# 

## mario_77

Witam wszsytkich forumowiczów, 

buduję obecnie Z-124, prosty dom z garażem w obrysie (garaż powiększony o 50 cm ) oraz kotłownią (bedzie gaz wiec sporo miejsca w kotłowni zostanoe). Moje watpliwości budzi czy jest sens budować wolnostojący garaż czy może lepiej postawić wiatę 4x6, zrobić podmurówkę na ok 1m ponad to przymocować jakieś pergole i zamiast garażu mieć latem altankę/wiatę a zimą wszystkie letnie graty schować do kotłowni i mieć miejsce garażowe pod dachem dla auta. 
Generalnie widząc sasiadó stweirdzam ze auta stoją na podjezdzize i zadko wjezdzaja do garazu. fakt ze ich garaże sa małe, waska brama, brak kotloewni i garaz jest graciarnia niz garazem... uklad domu mam taki ze zewnetrzna sciana garazu jest sciana polnocną wiec latem auto stojace przy domu bedzie w cieniu, latem w tej niby wiacie stały by kosiarka, jakieś ławki itp. na zime do kotłowni zeby zrobic miejsce na auto. 
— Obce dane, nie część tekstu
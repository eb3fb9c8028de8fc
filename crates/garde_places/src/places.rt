//! The places of the values of a JSON text.
ghost use Rattle.std.specs.Prelude.{◌≡◌, ◌≤◌, [], length, map, Some, IfOk, IsOk};
ghost use Rattle.json.specs.Json.{Json, document};
ghost use Rattle.garde_tape.specs.Reading.{json_of};
ghost use Rattle.garde_places.specs.Places.{IsPlaceOf, IsNamePlace};
ghost use Rattle.garde_places.specs.Fault.{ArePlaced, IsFaultPlace, fault_entry};

use crate::fault::Fault;
use crate::listed::ListedPlaces;
use crate::scan::scan;
use garde_report::{Error, Path, Report};
use garde_tape::{Place, Tape};
use std::alloc::{AllocError, Global};
use std::marker::Model;

/// The places of the values of a JSON text. A contract sees the text.
#[derive(Debug, Drop)]
pub struct Places<'t, 'a> {
    // The list has the place of each token of the text itself.
    listed: ListedPlaces<'t, 'a>,
}

impl<'t, 'a> Model for Places<'t, 'a> {
    ghost use Rattle.std.specs.Prelude.{◌≡◌, ℕ, List};
    ghost use Rattle.garde_places.specs.Scan.{spots};
    ghost use Rattle.garde_tape.specs.Place.{text_start};
    ghost use Rattle.garde_places.specs.declared.lex.Mode.TheVariants.{Between};

    ghost Value = { List ℕ };

    ghost view = { λ a. a.listed.0 };

    ghost invariant = { λ a. a.listed.1 ≡ spots Between text_start a.listed.0 };
}

impl<'t, 'a> Places<'t, 'a> {
    /// The places of a text, in one pass over it. The tape is what `garde_tape::parse` gives of it.
    pub fn of(
        alloc: Global,
        text: &'a str,
        tape: &'t Tape<'a>,
    ) -> Result<Places<'t, 'a>, AllocError>
        requires { document text.now ≡ Some (json_of tape.now) }
        ensures { IfOk result (λ places. places ≡ text.now) }
    {
        let places = scan(alloc, text)?;
        let listed = ListedPlaces::of(text, tape, places);
        Ok(Places { listed })
    }

    /// Where the value begins that the path leads to. Where it leads to none, it is the last value on
    /// its way: a member that is missing has the place of its object. Of members of one name the last
    /// counts. A component leads as a token of a JSON Pointer does: in an object to the member of that
    /// name, in an array to the item of that number. One without a name stays at its value.
    ///
    /// A path of up to 8 components never runs out of memory. It allocates nothing but the names of an
    /// object of more than 256 tokens, once: where there is no memory for them, each path walks along the
    /// object. Paths are best asked for in the order of the text: the walk along a list goes on from the
    /// item that was asked for last, for each of the first 128 components.
    pub fn locate(&mut self, alloc: Global, path: &Path) -> Result<Place, AllocError>
        ensures place { IfOk result (λ place. (j : Json) → document self.old ≡ Some j
            → IsPlaceOf self.old path.now j place) }
        ensures text { self.new ≡ self.old }
        ensures inline { length path.now ≤ 8 → IsOk result }
    {
        self.listed.place_of(alloc, path, false)
    }

    /// Where the name of the member begins that the path leads to. It is the place of the value on the
    /// way to it where that has no such member, and that of the last name where it comes twice. At the
    /// root it is the place of the whole value.
    pub fn locate_name(&mut self, alloc: Global, path: &Path) -> Result<Place, AllocError>
        ensures place { IfOk result (λ place. (j : Json) → document self.old ≡ Some j
            → IsNamePlace self.old path.now j place) }
        ensures text { self.new ≡ self.old }
        ensures inline { length path.now ≤ 8 → IsOk result }
    {
        self.listed.place_of(alloc, path, true)
    }

    /// Where a fault stands: at the name of its member, if its message has the code of a member that is
    /// unknown or comes twice, and else at its value. A message has a code where `WithCodes` of
    /// `garde_problem` made it.
    pub fn locate_fault(
        &mut self,
        alloc: Global,
        path: &Path,
        error: &Error,
    ) -> Result<Place, AllocError>
        ensures place { IfOk result (λ place. (j : Json) → document self.old ≡ Some j
            → IsFaultPlace self.old path.now error.now j place) }
        ensures text { self.new ≡ self.old }
        ensures inline { length path.now ≤ 8 → IsOk result }
    {
        self.listed.place_of_fault(alloc, path, error)
    }

    /// The faults of a report, in its order, each with its place. No fault needs no memory.
    pub fn locate_all<'r>(
        &mut self,
        alloc: Global,
        report: &'r Report,
    ) -> Result<Vec<Fault<'r>>, AllocError>
        ensures faults { IfOk result (λ faults. map fault_entry faults.items ≡ report.now) }
        ensures places { IfOk result (λ faults. (j : Json) → document self.old ≡ Some j
            → ArePlaced self.old j faults.items) }
        ensures text { self.new ≡ self.old }
        ensures empty { report.now ≡ [] → IsOk result }
    {
        self.listed.locate_all(alloc, report)
    }
}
Pozatym zostanawim sie nad 2 rzeczami - instalacja alarmowa oraz odgromówka. Dom w zamysle miał byc tani w budowie, budujemy z tesciem i zastanawiam sie czy jednak warto założyc alarm. Okolica zamieszkana, niedaleko brat sie buduje itp. kolejna rzecz to odgromóka - sasiedzi wokoół nie maja w tym rejonie czesto walą pioruny. Boję sie zeby ich nie sciagać na siebie skoro inni nie maja...

----------


## dembi

Patrząc z perspektywy czasu - zrobiłbym odgromówkę (teraz żałuję, że jej nie mam).
Instalacja alarmowa - mam  i nie żałuję. To daje spory komfort psychiczny. Jeżeli nie masz w budżecie przewidzianych pieniędzy, to puść tylko kabelki. Jak będziesz miał pieniądze, to dokupisz resztę (ale instalacja już będzie).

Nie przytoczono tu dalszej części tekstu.